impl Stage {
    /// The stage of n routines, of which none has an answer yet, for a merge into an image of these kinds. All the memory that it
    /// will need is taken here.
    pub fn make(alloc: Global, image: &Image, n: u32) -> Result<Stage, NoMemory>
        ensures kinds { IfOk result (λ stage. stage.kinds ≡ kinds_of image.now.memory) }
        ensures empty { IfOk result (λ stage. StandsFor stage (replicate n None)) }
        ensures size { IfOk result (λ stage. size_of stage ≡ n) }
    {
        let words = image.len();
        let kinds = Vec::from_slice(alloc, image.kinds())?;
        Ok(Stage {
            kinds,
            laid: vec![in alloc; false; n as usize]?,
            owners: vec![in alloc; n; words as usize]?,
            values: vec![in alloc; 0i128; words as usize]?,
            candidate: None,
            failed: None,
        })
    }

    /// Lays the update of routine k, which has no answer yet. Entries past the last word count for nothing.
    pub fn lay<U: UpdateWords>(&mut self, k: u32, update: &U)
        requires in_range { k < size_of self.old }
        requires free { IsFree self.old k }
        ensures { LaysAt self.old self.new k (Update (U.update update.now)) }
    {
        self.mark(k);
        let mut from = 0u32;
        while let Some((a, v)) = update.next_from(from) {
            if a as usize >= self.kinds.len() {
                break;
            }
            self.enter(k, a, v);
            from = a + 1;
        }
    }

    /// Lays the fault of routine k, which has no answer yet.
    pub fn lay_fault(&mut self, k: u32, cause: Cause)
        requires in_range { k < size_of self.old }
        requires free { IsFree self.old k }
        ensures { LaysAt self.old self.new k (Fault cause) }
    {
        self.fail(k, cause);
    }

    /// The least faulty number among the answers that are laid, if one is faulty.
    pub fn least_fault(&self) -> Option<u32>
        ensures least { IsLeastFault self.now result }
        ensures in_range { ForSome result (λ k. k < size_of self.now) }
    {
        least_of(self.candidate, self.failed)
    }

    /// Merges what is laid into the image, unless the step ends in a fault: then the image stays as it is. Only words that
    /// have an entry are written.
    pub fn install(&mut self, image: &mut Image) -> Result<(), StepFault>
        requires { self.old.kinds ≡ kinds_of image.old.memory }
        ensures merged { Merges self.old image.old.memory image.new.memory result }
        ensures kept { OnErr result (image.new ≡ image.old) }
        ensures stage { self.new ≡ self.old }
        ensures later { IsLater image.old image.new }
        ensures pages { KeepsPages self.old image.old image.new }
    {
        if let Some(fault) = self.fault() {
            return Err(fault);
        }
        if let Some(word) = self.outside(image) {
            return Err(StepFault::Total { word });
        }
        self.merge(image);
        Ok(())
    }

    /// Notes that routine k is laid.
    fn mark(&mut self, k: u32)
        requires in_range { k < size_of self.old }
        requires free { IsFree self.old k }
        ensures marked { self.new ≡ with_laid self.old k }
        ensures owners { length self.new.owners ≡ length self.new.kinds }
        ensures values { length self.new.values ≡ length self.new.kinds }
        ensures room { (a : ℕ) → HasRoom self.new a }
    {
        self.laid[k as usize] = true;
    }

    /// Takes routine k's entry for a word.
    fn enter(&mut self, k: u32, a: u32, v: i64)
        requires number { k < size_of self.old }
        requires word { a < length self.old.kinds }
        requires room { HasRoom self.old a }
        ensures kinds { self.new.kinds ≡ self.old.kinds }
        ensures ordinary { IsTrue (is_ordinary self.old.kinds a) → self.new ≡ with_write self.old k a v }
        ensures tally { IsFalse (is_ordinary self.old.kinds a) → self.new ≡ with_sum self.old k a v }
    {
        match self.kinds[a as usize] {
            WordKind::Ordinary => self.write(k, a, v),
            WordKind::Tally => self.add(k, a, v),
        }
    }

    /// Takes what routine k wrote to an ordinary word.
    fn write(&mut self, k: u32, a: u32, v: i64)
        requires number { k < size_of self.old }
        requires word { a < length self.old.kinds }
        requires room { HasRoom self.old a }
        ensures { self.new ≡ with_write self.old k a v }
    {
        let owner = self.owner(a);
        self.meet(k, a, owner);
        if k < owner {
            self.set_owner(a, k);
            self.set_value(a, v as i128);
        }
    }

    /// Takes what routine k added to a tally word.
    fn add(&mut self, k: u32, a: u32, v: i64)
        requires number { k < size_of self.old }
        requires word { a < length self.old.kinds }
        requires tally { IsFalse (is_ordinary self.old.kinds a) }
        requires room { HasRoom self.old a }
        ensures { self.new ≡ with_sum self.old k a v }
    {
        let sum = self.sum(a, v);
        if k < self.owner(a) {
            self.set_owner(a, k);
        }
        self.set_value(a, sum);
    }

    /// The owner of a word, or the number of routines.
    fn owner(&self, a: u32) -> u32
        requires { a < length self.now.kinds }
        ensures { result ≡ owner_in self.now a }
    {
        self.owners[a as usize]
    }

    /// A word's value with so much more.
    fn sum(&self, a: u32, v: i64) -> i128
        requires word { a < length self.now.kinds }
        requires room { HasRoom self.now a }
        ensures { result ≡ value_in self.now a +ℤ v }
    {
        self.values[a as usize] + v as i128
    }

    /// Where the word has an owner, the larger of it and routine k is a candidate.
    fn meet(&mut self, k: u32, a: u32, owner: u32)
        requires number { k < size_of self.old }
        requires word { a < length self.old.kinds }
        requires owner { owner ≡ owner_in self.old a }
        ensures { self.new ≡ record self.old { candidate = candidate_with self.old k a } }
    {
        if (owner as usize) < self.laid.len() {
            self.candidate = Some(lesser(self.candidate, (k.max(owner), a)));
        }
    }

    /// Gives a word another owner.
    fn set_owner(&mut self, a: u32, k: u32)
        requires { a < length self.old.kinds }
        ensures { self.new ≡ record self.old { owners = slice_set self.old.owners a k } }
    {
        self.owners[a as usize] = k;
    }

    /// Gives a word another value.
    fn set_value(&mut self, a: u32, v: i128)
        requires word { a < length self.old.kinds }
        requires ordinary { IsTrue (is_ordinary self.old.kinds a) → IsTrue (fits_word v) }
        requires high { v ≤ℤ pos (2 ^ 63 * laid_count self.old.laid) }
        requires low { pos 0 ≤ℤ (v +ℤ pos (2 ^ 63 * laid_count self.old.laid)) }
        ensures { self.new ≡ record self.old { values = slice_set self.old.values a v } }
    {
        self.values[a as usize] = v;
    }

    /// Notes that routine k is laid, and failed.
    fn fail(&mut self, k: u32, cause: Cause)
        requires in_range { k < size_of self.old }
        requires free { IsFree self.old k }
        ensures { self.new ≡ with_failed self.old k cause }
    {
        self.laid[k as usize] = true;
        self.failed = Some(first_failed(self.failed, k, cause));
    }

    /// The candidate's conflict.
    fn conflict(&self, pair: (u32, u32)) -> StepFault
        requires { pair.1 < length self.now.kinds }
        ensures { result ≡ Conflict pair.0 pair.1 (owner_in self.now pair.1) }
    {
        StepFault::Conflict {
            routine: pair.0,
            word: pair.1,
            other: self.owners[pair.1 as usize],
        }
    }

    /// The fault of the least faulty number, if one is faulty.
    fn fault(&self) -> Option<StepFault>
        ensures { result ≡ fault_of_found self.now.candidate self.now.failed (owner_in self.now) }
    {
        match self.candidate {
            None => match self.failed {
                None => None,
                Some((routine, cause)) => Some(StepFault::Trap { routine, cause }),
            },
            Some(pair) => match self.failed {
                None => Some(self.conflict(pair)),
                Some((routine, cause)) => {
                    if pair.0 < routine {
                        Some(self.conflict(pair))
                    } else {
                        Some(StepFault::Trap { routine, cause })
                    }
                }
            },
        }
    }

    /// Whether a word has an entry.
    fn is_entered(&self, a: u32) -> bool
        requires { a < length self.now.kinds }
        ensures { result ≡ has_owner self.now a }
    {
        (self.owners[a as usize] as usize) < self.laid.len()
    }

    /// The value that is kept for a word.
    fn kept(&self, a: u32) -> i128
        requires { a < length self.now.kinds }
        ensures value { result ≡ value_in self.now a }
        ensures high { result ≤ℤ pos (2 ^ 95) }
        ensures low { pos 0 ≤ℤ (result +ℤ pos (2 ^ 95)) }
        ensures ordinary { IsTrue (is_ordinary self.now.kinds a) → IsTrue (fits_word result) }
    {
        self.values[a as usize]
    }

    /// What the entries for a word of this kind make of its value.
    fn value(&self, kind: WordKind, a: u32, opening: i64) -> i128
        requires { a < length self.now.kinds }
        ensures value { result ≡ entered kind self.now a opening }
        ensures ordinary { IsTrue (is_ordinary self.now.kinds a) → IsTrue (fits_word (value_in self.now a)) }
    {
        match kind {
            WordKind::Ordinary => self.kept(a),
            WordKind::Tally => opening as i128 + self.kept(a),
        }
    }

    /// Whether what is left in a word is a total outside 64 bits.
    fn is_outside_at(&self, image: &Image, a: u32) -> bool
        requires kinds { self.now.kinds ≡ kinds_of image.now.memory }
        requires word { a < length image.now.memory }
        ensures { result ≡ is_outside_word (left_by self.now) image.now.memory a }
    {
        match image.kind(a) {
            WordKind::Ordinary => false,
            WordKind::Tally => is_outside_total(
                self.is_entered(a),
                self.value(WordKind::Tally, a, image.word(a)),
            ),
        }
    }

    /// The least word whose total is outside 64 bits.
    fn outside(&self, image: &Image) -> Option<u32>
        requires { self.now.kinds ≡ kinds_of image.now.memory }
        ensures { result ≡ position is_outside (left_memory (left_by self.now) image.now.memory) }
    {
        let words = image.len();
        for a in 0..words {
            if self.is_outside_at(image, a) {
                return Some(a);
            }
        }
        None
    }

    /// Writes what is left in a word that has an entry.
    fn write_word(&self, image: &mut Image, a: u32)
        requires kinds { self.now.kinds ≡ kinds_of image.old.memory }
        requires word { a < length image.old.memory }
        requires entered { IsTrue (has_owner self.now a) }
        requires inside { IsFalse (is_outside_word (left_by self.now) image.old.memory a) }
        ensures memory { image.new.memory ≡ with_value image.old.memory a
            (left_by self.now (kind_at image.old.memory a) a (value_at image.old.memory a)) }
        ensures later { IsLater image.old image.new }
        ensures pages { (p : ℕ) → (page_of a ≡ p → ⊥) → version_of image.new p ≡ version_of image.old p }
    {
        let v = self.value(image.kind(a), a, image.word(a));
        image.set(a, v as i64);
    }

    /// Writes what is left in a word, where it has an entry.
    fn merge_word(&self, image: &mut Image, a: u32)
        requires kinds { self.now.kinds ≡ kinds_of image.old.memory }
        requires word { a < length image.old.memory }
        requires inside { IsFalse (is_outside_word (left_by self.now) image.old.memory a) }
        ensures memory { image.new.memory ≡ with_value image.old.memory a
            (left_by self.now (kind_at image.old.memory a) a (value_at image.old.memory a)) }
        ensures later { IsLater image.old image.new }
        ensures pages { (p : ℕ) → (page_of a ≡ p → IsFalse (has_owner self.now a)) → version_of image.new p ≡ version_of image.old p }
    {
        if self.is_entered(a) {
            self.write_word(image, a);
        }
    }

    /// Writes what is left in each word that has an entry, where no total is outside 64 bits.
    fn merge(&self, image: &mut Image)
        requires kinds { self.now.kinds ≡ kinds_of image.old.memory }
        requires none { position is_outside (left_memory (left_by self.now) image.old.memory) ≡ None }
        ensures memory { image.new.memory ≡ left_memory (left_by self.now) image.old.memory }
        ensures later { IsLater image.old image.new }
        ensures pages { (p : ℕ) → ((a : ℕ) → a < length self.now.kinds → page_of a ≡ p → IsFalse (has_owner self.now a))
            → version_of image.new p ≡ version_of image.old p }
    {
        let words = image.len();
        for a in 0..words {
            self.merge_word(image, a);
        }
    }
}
★ ★ ★
→ **Problem**
Pull out each line of the entries that contains "entry".

→ **Exercise answer**
    /// have an entry are written.
    /// Takes routine k's entry for a word.
    /// Whether a word has an entry.
    /// Writes what is left in a word that has an entry.
    /// Writes what is left in a word, where it has an entry.
    /// Writes what is left in each word that has an entry, where no total is outside 64 bits.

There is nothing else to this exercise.